Seperti kuda yang lepas dari kendali, begitulah lilo berlarian kesana kemari. Bingung sendiri dia mau melihat apa. Semuanya bagus-bagus dan menarik, sehingga Lilo susah menentukan pilihan apa yang mau ditonton.



"Dimana ya tempat kaki digigitin ikan?", begitu kata lilo padaku. Akupun langsung menanyakan pada salah satu penjaga yang ada di dekatku.

Lilo langsung meluncur ke tempat yang dimaksud dan langsung minta beli tiket.

"Wah tiketnya mahal Lo. 40 rebu untuk 20 menit. Gimana?"

"Ya gak papa pak"

"Tapi dua puluh menit lagi ada acara penyelam ngasih makan ikan pari dan lain-lain, gimana?"

"Ya udah nanti saja sehabis acara itu", kata Lilo, tapi kupikir-pikir sekarang saja ngerasain kaki digigit ikan kecil-kecil.

Kamipun beli tiket dan masuk ke ruangan. Cuci kaki dulu baru kemudian kaki kita dimasukkan ke kolam ikan dokter itu.
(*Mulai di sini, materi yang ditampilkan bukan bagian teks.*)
//! Reads a text as a document.

ghost use Rattle.std.specs.Prelude.{◌≡◌, ◌≤◌, length};
ghost use Rattle.json_nodes.specs.Nodes.{data_of};
ghost use Rattle.json_document.specs.Ids.{IsComplete, IsIdOf, id_in};
ghost use Rattle.json_document.specs.ReadsDocument.{ReadsDocument};
ghost use Rattle.json_document.specs.Whole.{document_of};
ghost use Rattle.json_values.specs.Reads.{ReadsMeaning};

use crate::document::{Document, Documents};
use crate::id::{Id, id_in};
use json::Scratch;
use json_nodes::{TextError, Tree, read_tree};
use json_values::{FromJson, Held, ReadError};
use std::alloc::Global;

/// The most bytes that a document may have.
pub const MOST_BYTES: usize = 16777216;

/// The most bytes of a text whose memory is kept for the next one.
const MOST_KEPT: usize = 1048576;

/// What was read of a text.
#[derive(Drop)]
pub struct Reading {
    /// What the document is called, where the text says so. A text that is no document may have an id too.
    pub id: Option<Id>,
    pub document: Result<Document, ReadError>,
}

/// Reads the value of a text as a document, and its id.
fn read_value(alloc: Global, tree: &Tree) -> Reading
    ensures document { ReadsMeaning (document_of (data_of tree.now)) result.document }
    ensures id { IsComplete result.document → result.id ≡ id_in (data_of tree.now) }
{
    let value = tree.root();
    let held = Held::new(alloc, &value);
    match id_in(alloc, &value) {
        Ok(id) => Reading {
            id,
            document: Document::from_json(Documents, held),
        },
        Err(_) => Reading {
            id: None,
            document: Err(ReadError::Memory),
        },
    }
}

/// Reads a text of so many bytes at most as a document, and its id.
#[tactic(auto, using(crate::proofs::Texts::reads_value, crate::proofs::Texts::has_id))]
fn read_bounded(alloc: Global, text: &[u8], scratch: &mut Scratch) -> Reading
    requires { length text.now ≤ 16777216 }
    ensures document { ReadsDocument text.now result.document }
    ensures id { IsComplete result.document → IsIdOf text.now result.id }
{
    match read_tree(alloc, text, scratch) {
        Ok(tree) => read_value(alloc, &tree),
        Err(TextError::Memory) => Reading {
            id: None,
            document: Err(ReadError::Memory),
        },
        Err(TextError::Invalid) => Reading {
            id: None,
            document: Err(ReadError::expected(
                alloc,
                "JSON in UTF-8, whose brackets nest at most 127 deep",
            )),
        },
    }
}

/// Reads a text as a document, and its id.
///
/// An Err says where reading stopped and what was expected there, or is out of memory. The text is JSON in UTF-8, of at
/// most [`MOST_BYTES`] bytes. docs/MODULES.md has its form. `scratch` is memory that reading needs. What it takes for a
/// text of at most 1048576 bytes it keeps for the next one.
pub fn read_text(alloc: Global, text: &[u8], scratch: &mut Scratch) -> Reading
    ensures document { ReadsDocument text.now result.document }
    ensures id { IsComplete result.document → IsIdOf text.now result.id }
{
    if text.len() > MOST_BYTES {
        let expected = "a document of at most 16777216 bytes";
        return Reading {
            id: None,
            document: Err(ReadError::expected(alloc, expected)),
        };
    }
    let reading = read_bounded(alloc, text, scratch);
    if text.len() > MOST_KEPT {
        *scratch = Scratch::new(alloc);
    }
    reading
}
Lilo tertawa-tawa sendiri merasakan kegelian yang amat sangat. Begitu juga cewek yang duduk di sebelah lilo, sampai menjerit-jerit merasakan kegelian dari gigitan ikan kecil-kecil ini.



Selesai acara digigit ikan kecil, maka acara penyelam memberi makan ikan pari dan lain-lain sudah dimulai. Tempat duduk sudah penuh, sehingga sudah tidak kebagian tempat lagi.



Ini acara yang sangat menarik. Audience tidak hanya disuguhi tontonan pemebrian makan ke ikan, tetapi diselipi ilmu pengetahuan dasar tentang hewan-hewan air tersebut.



Lilo dengan fasih menerangkan apdaku bedanya Kura-kura dengan Penyu. Persis seperti yang dijelaskan oleh "ilmuwan" yang ada di depan panggung.

"Bedanya pada kaki pak, kalau penyu gak punya jari-jari dan hidupnya di laut", begitu Lilo dengan serius menjelaskan padaku.

Yah.... tidak sia-sialah Lilo berlangganan National Geographic untuk anak-anak.

Jam sudah menunjukkan tengah hari dan saatnya untuk pulang. Makan duluj di kantin yang ada dan kemudian langsung meluncur pulang. Sempat juga beli minuman, foto dengan badut dan beli kaos di pintu keluar.



Terima kasih ya Tuhan. Atas kehendakMu, kami bisa bersenang-senang hari ini. Semoga kami jadi orang yang pandai bersyukur. Amin.